### Requirement
Within this material, state how many lines include the string "deaths". Reply with the number only.

──────

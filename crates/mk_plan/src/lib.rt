//! What a node of a graph comes to: its recipe's lines, expanded, and whether it is to be run. A dry run and the workers of a run
//! ask it alike.
#![tactic(auto)]

mod change;
mod explicit_words;
mod fault;
mod finished;
mod kept;
mod laws;
mod nodes;
mod part_words;
mod parts;
mod passing;
mod recipe;
mod simple;
mod target;
mod telling;
mod why;
mod words;

pub use fault::RecipeFault;
pub use laws::{nodes_by_name, one_passing};
pub use mk_seen::{explicit_of, has_text_names, name_of};
pub use parts::{LinePlace, line_place};
pub use passing::{Passed, pass, pass_in};
pub use telling::{Telling, told_lines, why_lines};
pub use why::Why;
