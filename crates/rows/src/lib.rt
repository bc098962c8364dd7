// The rows of a model, one for each state without exits that is the target of a transition and none of the generator's: which they are, their totals,
// and the caller's rows filled from them.
#![tactic(auto)]

ghost use Rattle.std.specs.Prelude.{◌≡◌, length};
ghost use Rattle.tree.specs.Rows.{laid_over};
ghost use Rattle.rows.specs.Internal.Filling.{Fits, rows_in};

use crate::table::RowTable;
use tree::Row;

pub mod names;
pub mod table;

// Fills the caller's first rows with the table's; those beyond them are unchanged.
pub fn fill_rows(rows: &mut [Row], table: &RowTable)
    requires { Fits table.now (length rows.old) }
    ensures { rows.new ≡ laid_over (rows_in table.now) rows.old }
{
    // kept: (c) by index, since of rows that an adapter of `iter_mut` lends nothing is known after the loop; tried
    for (i, state) in table.states[..table.count].iter().enumerate() {
        rows[i] = table.row(*state);
    }
}
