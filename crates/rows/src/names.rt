// Which states have rows.
ghost use Rattle.std.specs.Prelude.{◌≡◌, length, ◌≤◌};
ghost use Rattle.tables.specs.Internal.Described.{described, net_of};
ghost use Rattle.rows.specs.Internal.Names.{Targets, marked, Named};

use crate::table::RowTable;
use model::index::Index;
use tables::indexed::Indexed;
use tables::transition_count;
use word::fields::to;

// Which states are targets of the transitions.
fn targets(model: Indexed, transitions: usize) -> [bool; 1001]
    requires { transitions ≡ length (net_of model.words.now).table }
    ensures { Targets (net_of model.entry.words.now).table transitions result }
{
    let mut targets = [false; 1001];
    for j in 0..transitions {
        targets[to(model.index.word_of(model.words, j))] = true;
    }
    targets
}

// Whether the state s has a row: it is none of the generator's, has no exits, and is a target.
fn has_row(index: &Index, targets: &[bool; 1001], s: usize) -> bool
    requires { s ≤ 1000 }
    ensures { result ≡ marked index.now targets.now s }
{
    !index.is_named(s) && index.exit_count(s) == 0 && targets[s]
}

// Makes the table of an accepted model's rows, whatever it held, their totals zero.
pub fn name_rows(model: Indexed, table: &mut RowTable)
    ensures { Named (described model.entry.words.now) table.new }
{
    *table = RowTable::empty();
    let states = model.accepted.states;
    let targets = targets(model, transition_count(model.index, states));
    for s in 1..=states {
        if has_row(model.index, &targets, s) {
            table.add_row(s);
        }
    }
}
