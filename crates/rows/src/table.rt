// The table of totals: how many rows there are and the state of each; the report's totals of eighteen digits, of the lowers and the uppers of death
// paths and of the uppers of cut paths, with the report's two marks; and for each state from 0 to 1,000 the totals of the death paths that end in it.
ghost use Rattle.std.specs.Prelude.{◌≡◌, ◌||◌, ◌≤◌, ◌<◌};
ghost use Rattle.figure.specs.Operands.{Sized};
ghost use Rattle.rows.specs.Internal.Table.{Empty, TotalsWith, SumsGathered, TableGathered, DeathNoted, CutNoted, MarksNoted, RowAdded};
ghost use Rattle.rows.specs.Internal.Filling.{RowFits, row_of};

use figure::{Direction, Figure};
use tree::Row;

// The totals of the lowers and of the uppers of some death paths.
#[derive(Clone, Copy)]
pub struct Sums {
    pub lower: Figure,
    pub upper: Figure,
}

impl Sums {
    // The totals of no path.
    const NONE: Sums = Sums {
        lower: Figure {
            digits: 0,
            power: 0,
        },
        upper: Figure {
            digits: 0,
            power: 0,
        },
    };

    // With one death path more.
    // kept: (d) two figures and no struct, here, in `note_death` and in `mark_death` of `bounds`: each goes to its own total, rounded its own way.
    fn with(self, lower: Figure, upper: Figure) -> Sums
        requires { SumsGathered 999999 self × Sized 9 35000 lower × Sized 9 35000 upper }
        ensures { TotalsWith lower upper self result }
    {
        Sums {
            lower: self.lower.total(lower, Direction::Down),
            upper: self.upper.total(upper, Direction::Up),
        }
    }
}

// The states that have rows are the first `count` of `states`. A mark is kept as long as nothing was lost that the report's figure rests on.
// kept: (a) an array and a count, since the library allocates nothing.
// kept: (d) two marks and no struct of both: each goes with its own figure, and a cut path asks for the upper's alone.
#[derive(Clone, Copy)]
pub struct RowTable {
    pub count: usize,
    pub states: [u16; 1000],
    pub deaths: Sums,
    pub cuts: Figure,
    pub lower_kept: bool,
    pub upper_kept: bool,
    pub by_state: [Sums; 1001],
}

impl RowTable {
    // A table without rows, its totals those of no path.
    pub fn empty() -> RowTable
        ensures { Empty result }
    {
        RowTable {
            count: 0,
            states: [0; 1000],
            deaths: Sums::NONE,
            cuts: Figure::zero(),
            lower_kept: true,
            upper_kept: true,
            by_state: [Sums::NONE; 1001],
        }
    }

    // One more row, behind the others.
    pub(crate) fn add_row(&mut self, state: usize)
        requires { (self.old.count < 1000) × (state ≤ 1000) }
        ensures { RowAdded state self.old self.new }
    {
        self.states[self.count] = state as u16;
        self.count += 1;
    }

    // One more death path that ends in the state s: in the report's totals and in those of its row.
    // kept: (d) `TableGathered` and the range of a path's figures, here, below and in `bounds`: with a ghost count of the paths in the table each clause would
    // have to bound that count instead, and of a path's figures no type says from how many steps they come.
    pub fn note_death(&mut self, s: usize, lower: Figure, upper: Figure)
        requires { (s ≤ 1000) × TableGathered 999999 self.old × Sized 9 35000 lower × Sized 9 35000 upper }
        ensures { DeathNoted s lower upper self.old self.new }
    {
        self.deaths = self.deaths.with(lower, upper);
        self.by_state[s] = self.by_state[s].with(lower, upper);
    }

    // One more cut path.
    pub fn note_cut(&mut self, upper: Figure)
        requires { TableGathered 999999 self.old × Sized 9 35000 upper }
        ensures { CutNoted upper self.old self.new }
    {
        self.cuts = self.cuts.total(upper, Direction::Up);
    }

    // Notes in the report's marks whether something more, that its lower or that its upper rests on, lost nothing.
    // kept: (d) two marks, as the table has them: the two lines below write one each.
    #[tactic(auto, unfolding(crate::specs::Internal::Table::totals_in))]
    pub fn note_marks(&mut self, lower: bool, upper: bool)
        ensures { MarksNoted (record { lower = lower; upper = upper }) self.old self.new }
    {
        self.lower_kept &= lower;
        self.upper_kept &= upper;
    }

    // Whether one of the two can still be kept.
    pub fn is_open(&self) -> bool
        ensures { result ≡ (self.now.lower_kept || self.now.upper_kept) }
    {
        self.lower_kept || self.upper_kept
    }

    // The row of a state, with its totals to nine digits as the report's are, there being no cut path.
    pub fn row(&self, state: u16) -> Row
        requires { RowFits self.now state }
        ensures { result ≡ row_of self.now state }
    {
        let sums = self.by_state[usize::from(state)];
        Row {
            state: u64::from(state),
            lower: sums.lower.to_nine(Direction::Down),
            upper: sums.upper.sum_to_nine(Figure::zero(), Direction::Up),
        }
    }
}
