// What is read off the queues: how many messages an account has, and in which row the next one stands.
#![tactic(auto)]

ghost use Rattle.std.specs.Prelude.{◌≡◌, ◌*◌, ◌≤◌, length};
ghost use Rattle.queues.specs.Look.{seat_of, owned_by, row_of};

// How many of the first n messages are those of the account x, one of the first a.
pub fn queued(owner: &[u16], n: usize, accounts: &[u8], a: usize, x: &[u8; 32]) -> usize
    requires { (n ≤ length owner.now) × (32 * a ≤ length accounts.now) × (a ≤ 256) }
    ensures { result ≡ owned_by owner.now n (seat_of accounts.now a x.now) }
{
    let seat = rows::find_row(accounts, a, x);
    packing::count_owned(owner, n, seat as u16)
}

// The row of the k-th message of place p among the first n; n if it has no such message.
pub fn row_of(owner: &[u16], n: usize, p: u16, k: usize) -> usize
    requires { n ≤ length owner.now }
    ensures { result ≡ row_of owner.now n p k }
{
    let mut behind = k;
    for i in 0..n {
        if owner[i] == p {
            if behind == 0 {
                return i;
            }
            behind -= 1;
        }
    }
    n
}
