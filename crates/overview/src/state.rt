// What is told after a command: its answer, and, while loud, the state: the buffer, the groups that are set up, the skipped set and the key
// list.
ghost use Rattle.std.specs.Prelude.{◌≤◌};
ghost use Rattle.lintelsong.specs.Closed.{GoodBuffer};
ghost use Rattle.desk.specs.Desks.{GoodShelf, GoodTray, KeyRoom};

use crate::group_lines;
use desk::shelf::Shelf;
use desk::tray::Tray;
use lintelsong::Buffer;
use pages::out::Pen;
use printout::{buffer_lines, rest_lines};
use scenario::replies::Reply;

// The lines of the groups that are set up.
fn groups(page: &mut [u8], pen: Pen, s: Shelf) -> Pen
    requires { GoodShelf s }
{
    let mut p = pen;
    for place in 0..s.made.min(4) {
        p = group_lines::group(page, p, place, desk::shelf::at(&s, place));
    }
    p
}

// All of it.
fn state(page: &mut [u8], pen: Pen, b: Buffer, s: Shelf, t: Tray, lts: &[u64], hashes: &[u8]) -> Pen
    requires { GoodBuffer b × GoodShelf s × GoodTray t × KeyRoom lts.now hashes.now }
{
    let mut p = buffer_lines::buffer_line(page, pen, b);
    p = buffer_lines::queues(page, p, b);
    p = groups(page, p, s);
    p = rest_lines::skipped(page, p, t.skipped);
    rest_lines::keys(page, p, lts, hashes, t.keys)
}

// The answer, whose text, if it has one, stands at the start of what is lent, and the state while the tray is loud.
pub fn told(
    page: &mut [u8],
    pen: Pen,
    reply: Reply,
    text: &[u8],
    b: Buffer,
    s: Shelf,
    t: Tray,
    lts: &[u64],
    hashes: &[u8],
) -> Pen
    requires { GoodBuffer b × GoodShelf s × GoodTray t × KeyRoom lts.now hashes.now }
{
    let answered = pages::show::reply(page, pen, reply, text);
    if t.loud {
        return state(page, answered, b, s, t, lts, hashes);
    }
    answered
}
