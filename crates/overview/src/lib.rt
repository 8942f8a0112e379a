// The state in the scenario language: the lines of a group, and all lines in their order.
#![tactic(auto)]

pub mod group_lines;
pub mod state;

──────

### Written solution
3